Going forward – definition and meaning
The term Going Forward means ‘from now on‘ or ‘from this point on.’ It is a relatively new way to indicate a progression in time from now, i.e., the present. In most cases, we say ‘going forward’ to suggest a change in previous actions or behavior. For example, what does it indicate if I say “Going forward, we will consider senior applicants for job vacancies.” It suggests that before we did not consider senior job applicants.
The term ‘moving forward’ has the same meaning as ‘going forward.’ ‘Moving forward‘ is also relatively new.
Many people do not like the term. In fact, some people even find it annoying, along with other ‘new’ terms like ‘period of time.’ ‘Period of time’ means the same as ‘period,’ therefore the two words ‘of time’ are redundant.
Going forward – a progressive movement
Unlike other expressions and phrases that point to the future, ‘going forward’ suggests a continuing movement. It suggests a progressive movement rather than some future specific moment.
This comment on English Stack Exchange reflects many people’s opinion about the term:
“Going forward is almost a completely useless phrase. If one says [x] going forward, they mean [x] into the future, but it is very redundant, as one could just as easily say [x].”
“It seems that many business people want to sound as fancy as possible, so they use as many fancy words as possible to get the same point across. This leads to entire dialogues of contentless speech, filled with words devoid of meaning.”
UrbanDictionary.com makes the following comment:
“A completely unnecessary and meaningless corporate buzz phrase that somehow gets shoehorned into every memo, press release or public statement.”
“It can always be eliminated from the text without any effect at all upon the intended meaning.”
Going forward – who says it?
Like many new expressions, ‘going forward’ is a frustratingly vague term which seemingly has meaning. However, it does not add much meaning to a sentence.
In fact, in most cases, the message would be the same if the term was omitted.
TechTarget.com says that company directors commonly use the term in annual reports and press releases. Some news media writers use it a lot. Others, however, deliberately never use it.
“The term has become increasingly popular in press releases from Internet start-ups and newly public companies.”

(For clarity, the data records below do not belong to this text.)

// The operand stack of a frame (JVMS 2.6.2).
ghost use Rattle.std.specs.Prelude.{◌≡◌, [], ◌∷◌, ◌++◌, IfOk, OnOk, Some};
ghost use Rattle.jvm_model.specs.Stack.{counts_above, doubled, dropped, many, one_word, split_words, swapped, top};
ghost use Rattle.jvm_model.specs.Stack.{two_words};
ghost use Rattle.jvm_model.specs.Value.{as_int, as_kind, as_long};
ghost use Rattle.run_values.specs.Takes.{Becomes, Takes};
ghost use Rattle.run_values.specs.bodies.Words.{Splits, values_of};

use crate::Value;
use crate::words::Words;
use class_model::Kind;
use jv_base::{Items, M};
use std::alloc::Global;
use std::marker::Model;

/// An operand stack, which contracts see with the top first. There is no bound on it.
#[derive(Drop)]
pub struct Stack {
    /// From the bottom to the top.
    values: Vec<Value>,
}

impl Model for Stack {
    ghost use Rattle.std.specs.Prelude.{List, reverse};
    ghost use Rattle.jvm_model.specs.Value as machine;

    ghost Value = { List machine.Value };

    ghost view = { λ s. reverse s.values.items };
}

impl Stack {
    /// The stack without a value, which takes no memory.
    pub fn new(alloc: Global) -> Self
        ensures { result ≡ [] }
    {
        Stack {
            values: Vec::new(alloc),
        }
    }

    /// Puts a value onto the top.
    pub fn push(&mut self, value: Value) -> M<()>
        ensures { OnOk result (self.new ≡ value ∷ self.old) }
    {
        self.values.push(value)?;
        Ok(())
    }

    /// Takes the value at the top.
    pub fn pop(&mut self) -> Option<Value>
        ensures { Takes (top Some) result self.old self.new }
    {
        self.values.pop()
    }

    /// Takes the value at the top, where it is of a computational type.
    pub fn pop_kind(&mut self, kind: Kind) -> Option<Value>
        ensures { Takes (top (as_kind kind)) result self.old self.new }
    {
        let value = self.pop()?;
        if value.is_of(kind) { Some(value) } else { None }
    }

    /// Takes the int at the top, where there is one.
    pub fn pop_int(&mut self) -> Option<i32>
        ensures { Takes (top as_int) result self.old self.new }
    {
        self.pop()?.as_int()
    }

    /// Takes the long at the top, where there is one.
    pub fn pop_long(&mut self) -> Option<i64>
        ensures { Takes (top as_long) result self.old self.new }
    {
        self.pop()?.as_long()
    }

    /// Takes values of these computational types, the last of which is at the top.
    pub fn pop_many(&mut self, alloc: Global, kinds: &[Kind]) -> M<Option<Items<Value>>>
        ensures { IfOk result (λ taken. Takes (many kinds.now) taken self.old self.new) }
    {
        let mut taken: Vec<Value> = Vec::with_capacity(alloc, kinds.len())?;
        let mut left = kinds.len();
        while left > 0 {
            left -= 1;
            let Some(value) = self.pop_kind(kinds[left]) else {
                return Ok(None);
            };
            taken.push(value)?;
        }
        taken.reverse();
        Ok(Some(Items::from_vec(taken)))
    }

    /// Takes so many ints, in the order in which they were put.
    pub fn pop_counts(&mut self, alloc: Global, count: u8) -> M<Option<Items<i32>>>
        ensures { IfOk result (λ taken. Takes (counts_above count []) taken self.old self.new) }
    {
        let mut taken: Vec<i32> = Vec::with_capacity(alloc, usize::from(count))?;
        for _ in 0..count {
            let Some(number) = self.pop_int() else {
                return Ok(None);
            };
            taken.push(number)?;
        }
        taken.reverse();
        Ok(Some(Items::from_vec(taken)))
    }

    /// Takes so many words away, none, one or two (JVMS 6.5.pop, 6.5.pop2). It says whether they cut no value.
    pub fn drop_words(&mut self, count: u8) -> bool
        ensures { Becomes result (dropped count self.old) self.new }
    {
        self.pop_words(count).is_some()
    }

    /// Puts so many words once more under so many others (JVMS 6.5.dup and the like). It says whether they cut no
    /// value.
    pub fn double_words(&mut self, copied: u8, under: u8) -> M<bool>
        ensures { IfOk result (λ done. Becomes done (doubled copied under self.old) self.new) }
    {
        let Some(upper) = self.pop_words(copied) else {
            return Ok(false);
        };
        let Some(lower) = self.pop_words(under) else {
            return Ok(false);
        };
        let copy = upper.copied()?;
        self.push_words(copy)?;
        self.push_words(lower)?;
        self.push_words(upper)?;
        Ok(true)
    }

    /// Exchanges the two words at the top (JVMS 6.5.swap). It says whether they cut no value.
    pub fn swap_words(&mut self) -> M<bool>
        ensures { IfOk result (λ done. Becomes done (swapped self.old) self.new) }
    {
        let Some(upper) = self.pop_word() else {
            return Ok(false);
        };
        let Some(lower) = self.pop_word() else {
            return Ok(false);
        };
        self.push(upper)?;
        self.push(lower)?;
        Ok(true)
    }

    /// Takes a value of one word.
    fn pop_word(&mut self) -> Option<Value>
        ensures { Splits (λ v. v ∷ []) result (one_word self.old) self.new }
    {
        let value = self.pop()?;
        if value.is_wide() { None } else { Some(value) }
    }

    /// Takes the values of two words.
    fn pop_two_words(&mut self) -> Option<Words>
        ensures { Splits values_of result (two_words self.old) self.new }
    {
        let upper = self.pop()?;
        if upper.is_wide() {
            return Some(Words::OneValue(upper));
        }
        let lower = self.pop_word()?;
        Some(Words::TwoValues { upper, lower })
    }

    /// Takes the values of so many words.
    fn pop_words(&mut self, count: u8) -> Option<Words>
        ensures { Splits values_of result (split_words count self.old) self.new }
    {
        if count == 0 {
            return Some(Words::NoWord);
        }
        if count == 1 {
            return Some(Words::OneValue(self.pop_word()?));
        }
        self.pop_two_words()
    }

    fn push_words(&mut self, words: Words) -> M<()>
        ensures { OnOk result (self.new ≡ values_of words ++ self.old) }
    {
        match words {
            Words::NoWord => Ok(()),
            Words::OneValue(value) => self.push(value),
            Words::TwoValues { upper, lower } => {
                self.push(lower)?;
                self.push(upper)
            }
        }
    }
}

Mark Seacombe, writing in the Guardian, says that former US President Barack Obama used the term when in office. Former UK Prime Minister David Cameron also used it. Advertising people and film stars love adding it to sentences.
“Let’s not utter or write the superfluous, meaningless, ubiquitous ‘going forward.'”
The author’s opinion
Personally, I dislike the term. I avoid using it. In fact, I only ever use it when making a criticism.
I am 61 years old, and sometimes wonder whether my age explains my resistance. The older we get, the more we resist new things.
However, I welcome new terms if they help us express ourselves better. For example, I welcome the terms ‘SEO (search engine optimization)’, website, and ‘dot.com bubble.’
Search engine optimization refers to techniques to boost your website’s appearance on search engines.
Video – going forward
In this video, David Mitchell tells us what he thinks of the term. He also wonders whether it will eventually become an expression that everybody uses.
‘Going forward’ implies advancement, when, in fact, all it does is describe the passing of time. That is what he hates the most about the term.